The PSU in my Aspire Navigator case died Thursday and I have to send the WHOLE THING for an RMA... I cannot go without my PC for that long so I went out and bought something new...

Sorry it's so blurry. I was using my knee to steady the camera and that doens't always work well with long exposure times.


----------



## milehile (Feb 17, 2006)

Love the multi-color fans with the clear case. Nice touch. I was thinking about getting a couple of those fans myself but I don't know how it would look in the case I have now.


----------



## carsey (Aug 19, 2006)

Exactly same case as mine. My side fan sucks air out from over CPU though. Your side could be turned like that. Looks a decent computer, a pain when you get little scratches on the case though so keep it away from sharp stuff. Also be careful when screwing the screws in, too far and you wear away the plastic circle hole where the screw goes through. I just thought I'd leave that bit of advice.

Also, you could get some cathodes.


----------



## ebackhus (Apr 21, 2005)

milehile said:


> Love the multi-color fans with the clear case. Nice touch. I was thinking about getting a couple of those fans myself but I don't know how it would look in the case I have now.


I personally prefer to stick to a single-color scheme but these fans came with the case. What color is your case?



carsey said:


> Exactly same case as mine. My side fan sucks air out from over CPU though. Your side could be turned like that. Looks a decent computer, a pain when you get little scratches on the case though so keep it away from sharp stuff. Also be careful when screwing the screws in, too far and you wear away the plastic circle hole where the screw goes through. I just thought I'd leave that bit of advice.
> 
> Also, you could get some cathodes.


The fan is currently set to exhaust so the heat from the video card is taken away quickly. The back fan is right near the CPU to whick hot air from that. I'm not overly worried about it being damaged as it's just a temporary home for my hardware. The important screw holes actually have metal inserts so they shouldn't strip toooooo easily. We'll see how that goes...

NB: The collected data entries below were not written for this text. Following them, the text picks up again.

//! Traces as texts: the records of a run, each on a line, printed and read back (this project).
#![tactic(auto)]

mod event;
mod field;
mod history;
mod laws;
mod name;
mod number;
mod sending;
mod trace;
mod trace_error;
mod word;

pub use laws::{
    printed_is_trace, record_is_one_line, text_has_one_bad_line, text_is_one_trace,
    trace_has_no_bad_line,
};
pub use trace::{print_trace, read_trace};
pub use trace_error::TraceError;
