ghost use Rattle.std.specs.Prelude.{◌≡◌, ◌∷◌, ◌++◌, [], OnOk};
ghost use Rattle.field_reader.specs.Reads.{Takes};
ghost use Rattle.history_text.specs.Formats.{Format, ◌then◌, behind_sign, form};

use field_reader::{FieldEnd, Reader};
use sprite_ids::NoMemory;
use std::alloc::Global;

/// A value that is printed as a field of a trace's line, and read from one (this project).
pub(crate) trait TraceField: Sized {
    ghost format: { Format Self };

    /// Puts the value's print at the end, also where such a print isn't read. The one error is want of memory; a part of the
    /// print may be there then.
    fn put_field(&self, alloc: Global, out: &mut Vec<u8>) -> Result<(), NoMemory>
        ensures { OnOk result (out.new.items ≡ out.old.items ++ format.printed self.now) };

    /// The value that is printed at the front of the bytes that are left, which is read then. NotSpelled comes exactly
    /// where no value is printed there; some bytes may be read then.
    fn read_field(alloc: Global, from: &mut Reader) -> Result<Self, FieldEnd>
        ensures { Takes (format.read from.old) result from.new };
}

/// Puts a name and one field at the end, the field behind a space. The one error is want of memory; a part may be there then.
pub(crate) fn put_one<A: TraceField>(
    alloc: Global,
    out: &mut Vec<u8>,
    name: &[u8],
    first: &A,
) -> Result<(), NoMemory>
    ensures { OnOk result (out.new.items ≡ out.old.items ++ (form name.now A.format first.now).printed) }
{
    out.extend_from_slice(name)?;
    out.push(b' ')?;
    first.put_field(alloc, out)
}

/// Puts a name and two fields at the end, each field behind a space. The one error is want of memory; a part may be there
/// then.
pub(crate) fn put_two<A: TraceField, B: TraceField>(
    alloc: Global,
    out: &mut Vec<u8>,
    name: &[u8],
    first: &A,
    second: &B,
) -> Result<(), NoMemory>
    ensures { OnOk result (out.new.items ≡ out.old.items ++ (form name.now (A.format then B.format) (first.now, second.now)).printed) }
{
    put_one(alloc, out, name, first)?;
    out.push(b' ')?;
    second.put_field(alloc, out)
}

/// Puts a name and three fields at the end, each field behind a space. The one error is want of memory; a part may be there
/// then.
pub(crate) fn put_three<A: TraceField, B: TraceField, C: TraceField>(
    alloc: Global,
    out: &mut Vec<u8>,
    name: &[u8],
    first: &A,
    second: &B,
    third: &C,
) -> Result<(), NoMemory>
    ensures { OnOk result (out.new.items ≡ out.old.items ++ (form name.now (A.format then B.format then C.format) (first.now, (second.now, third.now))).printed) }
{
    put_two(alloc, out, name, first, second)?;
    out.push(b' ')?;
    third.put_field(alloc, out)
}

/// Puts a name and four fields at the end, each field behind a space. The one error is want of memory; a part may be there
/// then.
pub(crate) fn put_four<A: TraceField, B: TraceField, C: TraceField, D: TraceField>(
    alloc: Global,
    out: &mut Vec<u8>,
    name: &[u8],
    first: &A,
    second: &B,
    third: &C,
    fourth: &D,
) -> Result<(), NoMemory>
    ensures { OnOk result (out.new.items ≡ out.old.items ++ (form name.now (A.format then B.format then C.format then D.format) (first.now, (second.now, (third.now, fourth.now)))).printed) }
{
    put_three(alloc, out, name, first, second, third)?;
    out.push(b' ')?;
    fourth.put_field(alloc, out)
}

/// The value behind a space.
pub(crate) fn spaced<T: TraceField>(alloc: Global, from: &mut Reader) -> Result<T, FieldEnd>
    ensures { Takes (behind_sign (32 ∷ []) T.format.read from.old) result from.new }
{
    from.sign(b" ")?;
    T::read_field(alloc, from)
}

impl<A: TraceField + Drop, B: TraceField> TraceField for (A, B) {
    ghost format = { A.format then B.format };

    fn put_field(&self, alloc: Global, out: &mut Vec<u8>) -> Result<(), NoMemory> {
        self.0.put_field(alloc, out)?;
        out.push(b' ')?;
        self.1.put_field(alloc, out)
    }

    fn read_field(alloc: Global, from: &mut Reader) -> Result<(A, B), FieldEnd> {
        let first = A::read_field(alloc, from)?;
        from.sign(b" ")?;
        let second = B::read_field(alloc, from)?;
        Ok((first, second))
    }
}
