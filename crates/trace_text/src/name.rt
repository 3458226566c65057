ghost use Rattle.std.specs.Prelude.{◌≡◌, ◌++◌, OnOk};
ghost use Rattle.field_reader.specs.Reads.{Takes};
ghost use Rattle.trace_text.specs.Fields.{file, numbered, prefix_format, stream};

use crate::field::TraceField;
use field_reader::{FieldEnd, Reader, path_of};
use history_text::Field;
use sprite_ids::{Bytes, FileId, Kernel, NoMemory, StreamNo};
use sprite_paths::Path;
use std::alloc::Global;

// Puts what a kernel numbers at the end.
fn put_numbered(
    alloc: Global,
    out: &mut Vec<u8>,
    kernel: Kernel,
    number: u32,
) -> Result<(), NoMemory>
    ensures { OnOk result (out.new.items ≡ out.old.items ++ numbered.printed (kernel, number)) }
{
    kernel.put_field(alloc, out)?;
    out.push(b':')?;
    number.put(alloc, out)
}

// Reads what a kernel numbers.
fn read_numbered(alloc: Global, from: &mut Reader) -> Result<(Kernel, u32), FieldEnd>
    ensures { Takes (numbered.read from.old) result from.new }
{
    let kernel = Kernel::read_field(alloc, from)?;
    from.sign(b":")?;
    let number = u32::read_from(alloc, from)?;
    Ok((kernel, number))
}

impl TraceField for FileId {
    ghost format = { file };

    fn put_field(&self, alloc: Global, out: &mut Vec<u8>) -> Result<(), NoMemory> {
        put_numbered(alloc, out, self.server, self.number)
    }

    fn read_field(alloc: Global, from: &mut Reader) -> Result<FileId, FieldEnd> {
        let (server, number) = read_numbered(alloc, from)?;
        Ok(FileId { server, number })
    }
}

impl TraceField for StreamNo {
    ghost format = { stream };

    fn put_field(&self, alloc: Global, out: &mut Vec<u8>) -> Result<(), NoMemory> {
        put_numbered(alloc, out, self.kernel, self.number)
    }

    fn read_field(alloc: Global, from: &mut Reader) -> Result<StreamNo, FieldEnd> {
        let (kernel, number) = read_numbered(alloc, from)?;
        Ok(StreamNo { kernel, number })
    }
}

impl TraceField for Path {
    ghost format = { prefix_format };

    fn put_field(&self, alloc: Global, out: &mut Vec<u8>) -> Result<(), NoMemory> {
        let text = Bytes::of_vec(self.text(alloc)?);
        text.put(alloc, out)
    }

    fn read_field(alloc: Global, from: &mut Reader) -> Result<Path, FieldEnd> {
        let text = Bytes::read_from(alloc, from)?;
        path_of(alloc, text.as_slice())
    }
}
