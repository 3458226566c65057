ghost use Rattle.std.specs.Prelude.{◌≡◌};
ghost use Rattle.trace_text.specs.declared.trace_error.TraceError.TheVariants.{NoMemory as NoMemoryLeft};

use thiserror::Error;

/// Why a trace was not read (this project).
#[derive(Clone, Copy, Debug, PartialEq, Eq, Error)]
pub enum TraceError {
    /// The first line, counted from 1, that is no record's.
    #[error("line {0} is no record's")]
    Line(usize),
    /// Memory was wanting, the one cause that no clause ties down.
    #[error("out of memory")]
    NoMemory,
}

impl From<sprite_ids::NoMemory> for TraceError {
    ghost from_gives = { λ _ end. end ≡ NoMemoryLeft };

    fn from(_error: sprite_ids::NoMemory) -> TraceError {
        TraceError::NoMemory
    }
}
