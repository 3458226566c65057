ghost use Rattle.std.specs.Prelude.{◌≡◌, ◌++◌, IfOk, IfErr, OnOk};
ghost use Rattle.field_reader.specs.Reads.{Takes};
ghost use Rattle.history_text.specs.Listings.{is_end};
ghost use Rattle.trace_text.specs.Traces.{IsTrace, TellsBad, line_of, record_line, trace_of};

use crate::event::{put_event, read_event};
use crate::field::TraceField;
use crate::trace_error::TraceError;
use call_journal::Trace;
use field_reader::{FieldEnd, Reader};
use sprite_ids::{Kernel, NoMemory};
use std::alloc::Global;
use unix_calls::Rec;

/// The printed trace: each record's line, one behind another (this project).
///
/// A line is the kernel's number, the event's name and its fields, each behind a space, and byte 10. Numbers are decimal. A
/// file or a stream is its kernel's number, a colon and its own number; the call for whose sake a packet goes is its
/// process, a slash and its number, or `-` where there is none; a bool is `0` or `1`. A prefix is its text in double
/// quotes, with the escapes of a printed history. Calls, replies and entries are printed as in a history.
///
/// Each record is printed, also the two kinds that no run makes and that `read_trace` refuses: a fault of fate `once`, and
/// an entry whose parts don't belong together, of which the process, the number and a space are printed. The one error is
/// want of memory.
pub fn print_trace(alloc: Global, records: &[Rec]) -> Result<Vec<u8>, NoMemory>
    ensures { IfOk result (λ text. text.items ≡ trace_of records.now) }
{
    let mut out = Vec::new(alloc);
    for record in records {
        put_record(alloc, &mut out, record)?;
    }
    Ok(out)
}

/// The trace whose records are printed so, behind which one last line `budget` or `stalled` may stand (this project).
///
/// A text is read exactly where it is the print of records that have a line, apart from that last line: numbers have no zero
/// before other digits and are in their ranges, a prefix is a path's cleaned text, only what needs an escape has one, single
/// spaces stand between the parts, and each line ends with byte 10. `Line` tells the first line, counted from 1, that is no
/// record's. It takes time in proportion to the text.
pub fn read_trace(alloc: Global, text: &[u8]) -> Result<Trace, TraceError>
    ensures ok { IfOk result (λ trace. IsTrace text.now trace) }
    ensures err { IfErr result (TellsBad text.now) }
{
    let mut trace = Trace::new(alloc);
    let mut from = Reader::new(text);
    while !is_end(from.rest()) {
        match read_line(alloc, &mut from) {
            Ok(rec) => trace.push(rec)?,
            Err(FieldEnd::NotSpelled) => return Err(TraceError::Line(trace.records().len() + 1)),
            Err(FieldEnd::NoMemory) => return Err(TraceError::NoMemory),
        }
    }
    Ok(trace)
}

// Puts a record's line at the end.
fn put_record(alloc: Global, out: &mut Vec<u8>, trace_record: &Rec) -> Result<(), NoMemory>
    ensures { OnOk result (out.new.items ≡ out.old.items ++ line_of trace_record.now) }
{
    trace_record.kernel.put_field(alloc, out)?;
    out.push(b' ')?;
    put_event(alloc, out, &trace_record.event)?;
    out.push(b'\n')?;
    Ok(())
}

// Reads the record whose line stands at the front.
fn read_line(alloc: Global, from: &mut Reader) -> Result<Rec, FieldEnd>
    ensures { Takes (record_line.read from.old) result from.new }
{
    let kernel = Kernel::read_field(alloc, from)?;
    from.sign(b" ")?;
    let event = read_event(alloc, from)?;
    from.sign(b"\n")?;
    Ok(Rec { kernel, event })
}

// Whether a trace ends there: no line is left, or the one that tells why the run stopped.
fn is_end(rest: &[u8]) -> bool
    ensures { result ≡ is_end rest.now }
{
    rest.is_empty() || rest == b"budget\n".as_slice() || rest == b"stalled\n".as_slice()
}
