ghost use Rattle.std.specs.Prelude.{◌≡◌};
ghost use Rattle.trace_text.specs.Fields.{of_word, truth_word, truths, truth, fate_word, fates, is_fault, fate_format, cache_word, cache_modes, cache_format, mode_word, modes, mode_format, callback_word, callbacks, callback_format, cause_word, causes, cause_format};

use crate::field::TraceField;
use field_reader::{FieldEnd, Reader};
use link_plan::Fate;
use sprite_ids::{CacheMode, CallKind, Mode, NoMemory};
use std::alloc::Global;
use unix_calls::DropCause;

impl TraceField for bool {
    ghost format = { truth };

    fn put_field(&self, _alloc: Global, out: &mut Vec<u8>) -> Result<(), NoMemory> {
        out.push(if *self { b'1' } else { b'0' })?;
        Ok(())
    }

    fn read_field(_alloc: Global, from: &mut Reader) -> Result<bool, FieldEnd> {
        truth_of(from.word()).ok_or(FieldEnd::NotSpelled)
    }
}

// What is or is not.
fn truth_of(word: &[u8]) -> Option<bool>
    ensures { result ≡ of_word truth_word truths word.now }
{
    if word == b"1".as_slice() {
        Some(true)
    } else if word == b"0".as_slice() {
        Some(false)
    } else {
        None
    }
}

/// The fate of one copy is printed, and such a print isn't read: a packet that met it met no fault.
impl TraceField for Fate {
    ghost format = { fate_format };

    fn put_field(&self, _alloc: Global, out: &mut Vec<u8>) -> Result<(), NoMemory> {
        match self {
            Fate::Once => Ok(out.extend_from_slice(b"once")?),
            Fate::Lost => Ok(out.extend_from_slice(b"lost")?),
            Fate::Twice => Ok(out.extend_from_slice(b"twice")?),
            Fate::Late => Ok(out.extend_from_slice(b"late")?),
        }
    }

    fn read_field(_alloc: Global, from: &mut Reader) -> Result<Fate, FieldEnd> {
        let fate = fate_of(from.word()).ok_or(FieldEnd::NotSpelled)?;
        if is_fault(fate) {
            Ok(fate)
        } else {
            Err(FieldEnd::NotSpelled)
        }
    }
}

// The fate of that word.
fn fate_of(word: &[u8]) -> Option<Fate>
    ensures { result ≡ of_word fate_word fates word.now }
{
    if word == b"once".as_slice() {
        Some(Fate::Once)
    } else if word == b"lost".as_slice() {
        Some(Fate::Lost)
    } else if word == b"twice".as_slice() {
        Some(Fate::Twice)
    } else if word == b"late".as_slice() {
        Some(Fate::Late)
    } else {
        None
    }
}

// Whether a packet of that fate met a fault.
fn is_fault(fate: Fate) -> bool
    ensures { result ≡ is_fault fate }
{
    match fate {
        Fate::Once => false,
        Fate::Lost | Fate::Twice | Fate::Late => true,
    }
}

impl TraceField for CacheMode {
    ghost format = { cache_format };

    fn put_field(&self, _alloc: Global, out: &mut Vec<u8>) -> Result<(), NoMemory> {
        match self {
            CacheMode::On => Ok(out.extend_from_slice(b"on")?),
            CacheMode::Off => Ok(out.extend_from_slice(b"off")?),
            CacheMode::None => Ok(out.extend_from_slice(b"none")?),
        }
    }

    fn read_field(_alloc: Global, from: &mut Reader) -> Result<CacheMode, FieldEnd> {
        cache_mode_of(from.word()).ok_or(FieldEnd::NotSpelled)
    }
}

// The cache mode of that word.
fn cache_mode_of(word: &[u8]) -> Option<CacheMode>
    ensures { result ≡ of_word cache_word cache_modes word.now }
{
    if word == b"on".as_slice() {
        Some(CacheMode::On)
    } else if word == b"off".as_slice() {
        Some(CacheMode::Off)
    } else if word == b"none".as_slice() {
        Some(CacheMode::None)
    } else {
        None
    }
}

impl TraceField for Mode {
    ghost format = { mode_format };

    fn put_field(&self, _alloc: Global, out: &mut Vec<u8>) -> Result<(), NoMemory> {
        match self {
            Mode::Read => Ok(out.extend_from_slice(b"read")?),
            Mode::Write => Ok(out.extend_from_slice(b"write")?),
            Mode::Both => Ok(out.extend_from_slice(b"both")?),
        }
    }

    fn read_field(_alloc: Global, from: &mut Reader) -> Result<Mode, FieldEnd> {
        mode_of(from.word()).ok_or(FieldEnd::NotSpelled)
    }
}

// The open mode of that word.
fn mode_of(word: &[u8]) -> Option<Mode>
    ensures { result ≡ of_word mode_word modes word.now }
{
    if word == b"read".as_slice() {
        Some(Mode::Read)
    } else if word == b"write".as_slice() {
        Some(Mode::Write)
    } else if word == b"both".as_slice() {
        Some(Mode::Both)
    } else {
        None
    }
}

impl TraceField for CallKind {
    ghost format = { callback_format };

    fn put_field(&self, _alloc: Global, out: &mut Vec<u8>) -> Result<(), NoMemory> {
        match self {
            CallKind::Recall => Ok(out.extend_from_slice(b"recall")?),
            CallKind::Stop => Ok(out.extend_from_slice(b"stop")?),
        }
    }

    fn read_field(_alloc: Global, from: &mut Reader) -> Result<CallKind, FieldEnd> {
        callback_of(from.word()).ok_or(FieldEnd::NotSpelled)
    }
}

// What a callback of that word asks.
fn callback_of(word: &[u8]) -> Option<CallKind>
    ensures { result ≡ of_word callback_word callbacks word.now }
{
    if word == b"recall".as_slice() {
        Some(CallKind::Recall)
    } else if word == b"stop".as_slice() {
        Some(CallKind::Stop)
    } else {
        None
    }
}

impl TraceField for DropCause {
    ghost format = { cause_format };

    fn put_field(&self, _alloc: Global, out: &mut Vec<u8>) -> Result<(), NoMemory> {
        match self {
            DropCause::Full => Ok(out.extend_from_slice(b"full")?),
            DropCause::Stop => Ok(out.extend_from_slice(b"stop")?),
            DropCause::Version => Ok(out.extend_from_slice(b"version")?),
        }
    }

    fn read_field(_alloc: Global, from: &mut Reader) -> Result<DropCause, FieldEnd> {
        cause_of(from.word()).ok_or(FieldEnd::NotSpelled)
    }
}

// The cause of that word.
fn cause_of(word: &[u8]) -> Option<DropCause>
    ensures { result ≡ of_word cause_word causes word.now }
{
    if word == b"full".as_slice() {
        Some(DropCause::Full)
    } else if word == b"stop".as_slice() {
        Some(DropCause::Stop)
    } else if word == b"version".as_slice() {
        Some(DropCause::Version)
    } else {
        None
    }
}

They had a case like it with red cathodes for $40 more.


----------



## carsey (Aug 19, 2006)

$40 more!!!! thats a rip off for a few red cathodes. Cheaper to get them yourself.


----------



## forcifer (Nov 20, 2005)

what happened to x-nav?


----------



## minster9 (Jun 8, 2006)

nice case,looks like a full size tower. what was the fine on that,and do they make mid towers?


----------



## ebackhus (Apr 21, 2005)

forcifer said:


> what happened to x-nav?


PSU died Thursday night... Right before our nightly StarCraft LAN party!



minster9 said:


> nice case,looks like a full size tower. what was the fine on that,and do they make mid towers?


It's a mid actually. All I've seen are mids and some really insane customs. It has a total of 11 bays, 6 are exposed.


----------



## forcifer (Nov 20, 2005)

yea..my psu died also...got OCZ and its working fine so far. 11 bays is quite a few for mid tower. i know your old one had 13, 7 exposed


----------



## Vash2000 (Nov 2, 2006)

Nice!!


----------